### PROBLEM:
The answer must consist of every line from the data that holds "const".

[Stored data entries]
[Start of Attachment]

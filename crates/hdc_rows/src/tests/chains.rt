//! Programs whose chains and sections have trees, and programs with the place where one has none.

use super::trees::laid;
use hdc_base::At;
use hdc_names::{TreesStop, check_trees};
use hdc_parse::parse;
use hdc_top::prelude_tree;
use hdc_tree::Tree;
use std::alloc::{AllocError, Global};
use std::test::Fail;

pub(super) fn prelude(alloc: Global) -> Result<Tree, Fail> {
    match prelude_tree(alloc) {
        Ok(tree) => Ok(tree),
        Err(_want) => Err(Fail::from(AllocError)),
    }
}

// What the check of trees answers of a text, behind the prelude.
pub(super) fn answer(
    alloc: Global,
    prelude: &Tree,
    text: &str,
) -> Result<Result<(), TreesStop>, Fail> {
    let (tokens, end) = laid(alloc, text.as_bytes())?;
    let Ok(tree) = parse(alloc, tokens.as_slice(), end) else {
        return Err(Fail::from(AllocError));
    };
    Ok(check_trees(alloc, prelude, &tree))
}

// Where the first chain or section stands that has no tree, behind the prelude.
fn fault(alloc: Global, prelude: &Tree, text: &str) -> Result<Option<At>, Fail> {
    match answer(alloc, prelude, text)? {
        Ok(()) => Ok(None),
        Err(TreesStop::Fixity(at)) => Ok(Some(at)),
        Err(TreesStop::Depth(_)) | Err(TreesStop::Want) => Err(Fail::from(AllocError)),
    }
}

const TREES: [&str; 24] = [
    "f = 1 + 2 * 3 - 4 == a ++ b : c",
    "f = a . b . c $ a !! b !! c",
    "f = a == b + c && d < e || - f > g $ h",
    "f = a `div` b * c `mod` d `quot` e `rem` f",
    "f = - a * b + c - d",
    "f = a == - b : c",
    "f = (- a) - (- b)",
    "f = a `g` b `C` c `g` d",
    "f = (+ a * b) (a * b +) (: a : b) (a `g` b `g`) (== a + b)",
    "f = (- a -) (a == - b &&) (a `C` b `C`) (`C` a)",
    "f = (a == b) == (c == d)",
    "infixr 5 +++\na +++ b = a\nf = a +++ b : c ++ d",
    "a + b = a\nf = a * b + c + d",
    "infixl 4 <>\ninfixl 6 <>\na <> b = a\nf = a <> b + c <> d",
    "f = a <> b <> c == d\na <> b = b\ninfixl 5 <>",
    "infixr 6 *, `g`\nf = a * b * c `g` d",
    "f = let a == b = a in x == y == z",
    "f x\n  | a == b == c = x == y == z\n  where a == b = a",
    "f = [a == b == c | x <- y, let a == b = x, a == b == c]",
    "f = [a . b `div` c | x <- a . b `div` c] where g div = div",
    "f = (let div = x in div) (a . b `div` c)",
    "f = case a == b of { div -> x; y -> a . b `div` c }",
    "f = g (\\div -> div) (a . b `div` c)",
    "a == b = a\nf = a == b == c",
];

#[test]
fn chains_and_sections_have_trees(rt: HostRuntime) -> Result<(), Fail> {
    let prelude = prelude(rt.alloc())?;
    for text in TREES {
        assert_eq!(rt; fault(rt.alloc(), &prelude, text)?, None, "of {text}");
    }
    Ok(())
}

// Chains and sections without trees, by the operators of the prelude and of the program's top.
const FAULTS: [(&str, u32, u32); 29] = [
    ("f = a == b == c", 1, 12),
    ("f = a < b + c > d", 1, 15),
    ("f = 1 - - 2", 1, 9),
    ("f = a + - b", 1, 9),
    ("f = a * b * - c", 1, 13),
    ("f = a !! - b", 1, 10),
    ("f = a == b && c == - d == e", 1, 24),
    ("f = a . b !! c", 1, 11),
    ("f = a !! b : c !! d . e", 1, 21),
    ("f = a . b `g` c", 1, 12),
    ("f = a . b `C` c", 1, 12),
    ("f = (a . b .)", 1, 12),
    ("f = (+ a + b)", 1, 6),
    ("f = (* a + b)", 1, 6),
    ("f = (a + b *)", 1, 12),
    ("f = (- a *)", 1, 10),
    ("f = (== - a == b)", 1, 6),
    ("f = (`g` a `g` b)", 1, 7),
    ("f = (a : b :)", 1, 12),
    ("f = (+ 1 == 2 == 3)", 1, 6),
    ("f = (1 == 2 == 3 +)", 1, 13),
    ("f = (a * b : c * d :)", 1, 20),
    ("infixr 6 <+>\na <+> b = a\nf = - a <+> b", 3, 9),
    ("infix 6 <+>\na <+> b = a\nf = a <+> - b", 3, 11),
    ("infixl 5 <+>\na <+> b = a\nf = a ++ b <+> c", 3, 12),
    ("a + b = a\nf = a . b + c", 2, 11),
    (
        "infix 4 <>\ninfixl 6 <>\na <> b = a\nf = a <> b <> c",
        4,
        12,
    ),
    ("f = a <> b <> c\na <> b = b\ninfix 4 <>", 1, 12),
    ("infixl 4 ==\nf = a == b == c", 2, 12),
];

#[test]
fn a_chain_or_section_without_a_tree_has_its_place(rt: HostRuntime) -> Result<(), Fail> {
    let prelude = prelude(rt.alloc())?;
    for (text, line, col) in FAULTS {
        let found = fault(rt.alloc(), &prelude, text)?;
        assert_eq!(rt; found, Some(At { line, col }), "of {text}");
    }
    Ok(())
}

// The same where a name is bound locally, and where the fault stands deep in the program.
const SCOPED: [(&str, u32, u32); 29] = [
    ("f div = a . b `div` c", 1, 16),
    ("f (x, div : y) = a . b `div` c", 1, 25),
    ("f div@x = a . b `div` c", 1, 18),
    ("(x `f` y) div = a . b `div` c", 1, 24),
    ("f = let div = x in a . b `div` c", 1, 27),
    ("f = let { (x, div) = y; g = a . b `div` c } in g", 1, 36),
    (
        "f = let { g div = x; y = a . b `div` c } in a . b !! c",
        1,
        51,
    ),
    ("f = let a ++ b = a in a . b ++ c", 1, 29),
    ("f x = y where { div = x; y = a . b `div` c }", 1, 37),
    ("f x\n  | a . b `div` c = x\n  where div = x", 2, 12),
    ("f = \\x div -> a . b `div` c", 1, 22),
    (
        "f = case x of { y -> a . b `div` c; div -> a . b `div` c }",
        1,
        51,
    ),
    ("f = case x of { div | y -> a . b `div` c }", 1, 35),
    (
        "f = [x | y <- a . b `div` c, div <- z, a . b `div` c]",
        1,
        47,
    ),
    ("f = [a . b `div` c | div <- x]", 1, 13),
    ("f = [x | let div = y, z <- a . b `div` c]", 1, 35),
    ("infixr 9 `div`\ndiv a b = a\nf div = a . b `div` c", 3, 16),
    ("f = a == b == c\ng = a . b !! c", 1, 12),
    ("f = [a == b == c | x <- a . b !! c]", 1, 13),
    ("f x = a == b == c where y = a . b !! c", 1, 14),
    ("f x\n  | a == b == c = x\n  | x = a . b !! c", 2, 12),
    (
        "f = case x of { y | z -> a . b !! c where { u = a == b == c } }",
        1,
        32,
    ),
    ("f = if a then b else c == d == e", 1, 29),
    ("f = (a, b == c == d)", 1, 16),
    ("f = [a, b == c == d]", 1, 16),
    ("f = [a .. b == c == d]", 1, 18),
    ("f = g x (a == b == c)", 1, 17),
    ("f = let g x = a == b == c in g", 1, 22),
    ("f = \\x -> let { y | z = a == b == c } in y", 1, 32),
];

#[test]
fn what_is_bound_locally_binds_as_undeclared(rt: HostRuntime) -> Result<(), Fail> {
    let prelude = prelude(rt.alloc())?;
    for (text, line, col) in SCOPED {
        let found = fault(rt.alloc(), &prelude, text)?;
        assert_eq!(rt; found, Some(At { line, col }), "of {text}");
    }
    Ok(())
}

[End of Attachment]

### EXPECTED ANSWER:
const TREES: [&str; 24] = [
const FAULTS: [(&str, u32, u32); 29] = [
const SCOPED: [(&str, u32, u32); 29] = [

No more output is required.